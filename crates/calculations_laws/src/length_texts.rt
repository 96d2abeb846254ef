//! Laws of the texts of computed lengths.
ghost use Rattle.std.specs.Prelude.{◌*◌, ◌^◌, ◌≡◌, negsuc, pos};
ghost use Rattle.calculations_laws.specs.LengthTexts.{HasShortLeaves, TellsLengthsApart};
ghost use Rattle.value_model.specs.Calculations.{in_percent, in_pixels, leaf, length_text, scaled, sum};

/// Two different computed lengths have different texts, be they calculated or not.
pub fn tell_lengths_apart()
    ensures { TellsLengthsApart }
{}

/// The numbers of a calculation may be short. Where one has more digits than are written, two lengths
/// have the same text.
pub fn ask_for_short_numbers()
    ensures short { HasShortLeaves
        (scaled (sum (leaf (in_pixels (negsuc 0))) (leaf (in_percent (pos 1)))) (pos 2)) }
    ensures long { length_text (leaf (in_percent (pos (11 * 10 ^ 63))))
        ≡ length_text (leaf (in_percent (pos (10 ^ 63)))) }
{}
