use dom_arena::Tree;
use jsonml_reader::{TreeFault, read_tree};
use serde_json::Value;
use std::alloc::{AllocError, Global};
use std::test::Fail;

/// Spells a tree: a text in quotes, an element as its name, its attributes in brackets and its children in braces.
fn spell(tree: &Tree, spelled: &mut String) -> Result<(), AllocError> {
    match tree {
        Tree::Chars(text) => {
            spelled.push('"')?;
            spelled.push_str(text.as_str())?;
            spelled.push('"')
        }
        Tree::Elem(name, attributes, children) => {
            spelled.push_str(name.as_str())?;
            for attribute in attributes.as_slice() {
                spelled.push('[')?;
                spelled.push_str(attribute.0.as_str())?;
                spelled.push('=')?;
                spelled.push_str(attribute.1.as_str())?;
                spelled.push(']')?;
            }
            spelled.push('{')?;
            for child in children.as_slice() {
                spell(child, spelled)?;
            }
            spelled.push('}')
        }
    }
}

/// What a JSON text's value is read as.
fn read(alloc: Global, text: &str) -> Result<Result<Tree, TreeFault>, Fail> {
    let value = Value::from_str(alloc, text)?;
    Ok(read_tree(alloc, &value))
}

#[test]
fn values_that_are_trees(rt: HostRuntime) -> Result<(), Fail> {
    for (text, want) in [
        (r#""""#, r#""""#),
        (r#""Gr\u00fc\u00dfe \ud83d\ude00""#, r#""Grüße 😀""#),
        (r#"["p"]"#, "p{}"),
        (r#"["p", {}]"#, "p{}"),
        (r#"["p", "a", "b"]"#, r#"p{"a""b"}"#),
        (r#"["p", {"class": "wide"}]"#, "p[class=wide]{}"),
        (
            r#"["p", {"id": "7", "class": ""}, "x", ["b", "y"], "z"]"#,
            r#"p[class=][id=7]{"x"b{"y"}"z"}"#,
        ),
        (
            r#"["ul", ["li", {"k": "v"}, ["i", ["b"]]], ["li"]]"#,
            "ul{li[k=v]{i{b{}}}li{}}",
        ),
    ] {
        let tree = read(rt.alloc(), text)??;
        let mut spelled = String::new(rt.alloc());
        spell(&tree, &mut spelled)?;
        assert_eq!(rt; spelled.as_str(), want, "at {text}");
    }
    Ok(())
}

#[test]
fn values_that_are_no_trees(rt: HostRuntime) -> Result<(), Fail> {
    for text in [
        "7",
        "null",
        "true",
        "{}",
        "[]",
        r#"["a", null]"#,
        r#"["a", {"b": 1}]"#,
        r#"["a", ["b"], {}]"#,
        r#"["a", {}, {}]"#,
        r#"["a", ["b", ["c", 7]]]"#,
        r#"[["a"]]"#,
    ] {
        let refused = matches!(read(rt.alloc(), text)?, Err(TreeFault::Shape));
        assert!(rt; refused, "at {text}");
    }
    Ok(())
}

#[test]
fn faults_are_told(rt: HostRuntime) -> Result<(), Fail> {
    for (fault, want) in [
        (TreeFault::NoMemory, "out of memory"),
        (TreeFault::Shape, "the value stands for no tree"),
    ] {
        let told = format!(in rt.alloc(); "{fault}")?;
        assert_eq!(rt; told.as_str(), want);
    }
    Ok(())
}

■ **Problem**
When a line in the listing includes the word "Result", report that line in full.

■ **Response to the exercise**
fn spell(tree: &Tree, spelled: &mut String) -> Result<(), AllocError> {
fn read(alloc: Global, text: &str) -> Result<Result<Tree, TreeFault>, Fail> {
fn values_that_are_trees(rt: HostRuntime) -> Result<(), Fail> {
fn values_that_are_no_trees(rt: HostRuntime) -> Result<(), Fail> {
fn faults_are_told(rt: HostRuntime) -> Result<(), Fail> {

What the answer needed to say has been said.